Nah, I don't buy that at all. I would always prefer a device that doesn't have any other legacy technology built into it at all. I think many people don't use the analog tuner in the Tivo anyway and this is a prime example of building in something that is no longer required. I would much rather have a DVR with the ability to add-on an input device like a set-top-box and have the luxury of switching between medium formats and newer set-top-boxes as they become available.

As stated previously, the sales always drop at this time of the year and hence so does the value of second hand equipment. Whether its because of people saving for holidays etc I don't know, just an assumption. Perhaps the added fear of interest rises etc may be having an impact also this year, its certainly slowing down the housing market. I've noticed this part of the year slow down ever since I've been trading, its just in previous years no-one has started a thread about it.


----------



## TheBear (Feb 21, 2001)

Ian_m said:


> IAnyway in 1999 I was using Linux files servers no issues. OK had a file size limit of 2GB unlike NT4 server, but in those days 2GB files were a rare. We (at work) have since then slowly migrated over to Server 2003 machines, basically as the Linux support costs are too high.


Eh? So you had "no issues" yet " support costs were "too high"??



> We were finding each Linux server issue we were having was costing on average 2 days of my time to fix (thats an average, some were instant some were not !!!), bearing in mind it is not my main job and downtime costs money and people sitting around complaining, so we had to move to Server 2003.


So it's not down to your comparative lack of knowledge of Linux?? 2 days to fix a Linux server smacks of lack of knowledge, rather than linux being somehow deficient.



> Our main server was installed in Feb 2005 and yes we have had issues, most easily sorted (via MS knowledge base) but more importantly these issues have not caused people to be sitting around doing nothing whilst waiting for a fix (as thats my job, sitting around...  )


So..."no issues" with Linux and "issues" with MS...and you are arguing that MS is the better option??!


----------



## Ian_m (Jan 9, 2001)

TheBear said:


> Eh?
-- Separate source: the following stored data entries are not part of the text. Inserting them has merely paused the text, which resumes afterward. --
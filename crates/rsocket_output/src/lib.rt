//! The output of the program `rsocket`: bytes that are written whole, or cut off where a write fails,
//! and its last line.
//!
//! The promise to the layer above: after a failed write nothing more is written, and what was written
//! by then is a prefix of what was to be. A run whose output can't be written ends with status 5, but
//! for those that say that the words are wrong or that memory ran out: they keep their status.
#![tactic(auto)]

mod telling;
mod writing;

pub use telling::{insist, say, tell_out_of_memory};
pub use writing::{WriteFault, write_all};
So you had "no issues" yet " support costs were "too high"??


Yes in 1999 "no issues" but as things changed, more disks, bigger tape support etc the associated support costs rose as well. Things like Gb Ethernet cards caused stability issues, poor performance in SCSI drivers (only Ultra SCSI 80Mb/s in those days). Lack of modern hardware support (in 2002-2004 timescale) was the issue. It was just the accumulation of lots of little things that drive up costs forcing us to look elsewhere.

We purchased loads of new server hardware and spent ages evaluation Red Hat, SUSE, Server 2003 etc before rolling out Server 2003.
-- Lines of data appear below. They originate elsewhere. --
//! Writing bytes.

ghost use Rattle.std.specs.Prelude.{OnErr, OnOk};
ghost use Rattle.rsocket_output.specs.Written.{CutOff, Writes};

use outside::{Sink, Wrote};
use thiserror::Error;

/// The sink failed, and counted a fault.
#[derive(Clone, Copy, Debug, PartialEq, Eq, Error)]
#[error("a write failed")]
pub struct WriteFault;

/// Writes all bytes, or a prefix of them: a failed write is the last one.
pub fn write_all<O: Sink>(output: &mut O, bytes: &[u8]) -> Result<(), WriteFault>
    ensures ok { OnOk result (Writes bytes.now (O.shown output.old) (O.shown output.new)) }
    ensures err { OnErr result (CutOff bytes.now (O.shown output.old) (O.shown output.new)) }
{
    let mut rest = bytes;
    while !rest.is_empty() {
        match output.write(rest) {
            Wrote::Took(count) => (_, rest) = rest.split_at(count),
            Wrote::Failed => return Err(WriteFault),
        }
    }
    Ok(())
}
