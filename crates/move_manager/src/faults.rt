//! Why a move, or what a packet says of moves, is refused.

/// Why a move is not sampled. Nothing changed.
#[derive(Clone, Copy, Debug, PartialEq, Eq)]
pub enum MoveFault {
    /// A bit is set that is not written: a move of this connection has so many.
    TooWide { width: u32 },
    /// As many moves were sampled as a connection has in its life, 1 to 16,777,215.
    Worn { life: u32 },
    /// The server has not told yet that it has these: the first and the last of 32.
    Full { first: u32, last: u32 },
}

/// The server told of more moves than were sampled. Nothing changed.
#[derive(Clone, Copy, Debug, PartialEq, Eq)]
pub struct MoveAhead {
    /// What it told.
    pub count: u32,
    /// Moves sampled so far.
    pub sampled: u32,
}

/// A packet begins with a move after the next one. Nothing changed.
#[derive(Clone, Copy, Debug, PartialEq, Eq)]
pub struct MoveGap {
    /// The packet's first move.
    pub first: u32,
    /// Moves accepted so far, which is the number of the next one.
    pub accepted: u32,
}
I have just finshed about 6 months of the same on and off investigations of mail servers. Unfortutately right at the start got a beta of Exchange 2007, Outlook 2007 and SharePoint that immediately wrote off any other offering just due to ease of use, ease of collaboration and basically very very useful in a business environment. IMHO Exchange 2007 + Outlook 2007 + SharePoint is a reall killer suite.


----------



## ScoobyDooZ (Sep 28, 2005)

I have 2 excellent condition Tivos in my loft.

Had a Tivo fail on me a few years back and snapped up a couple as I didnt want to go without it again. I would rather have a back up one (or 2) that is not being used than have to go through ebay ands pick up another that has been going non stop for 8 years.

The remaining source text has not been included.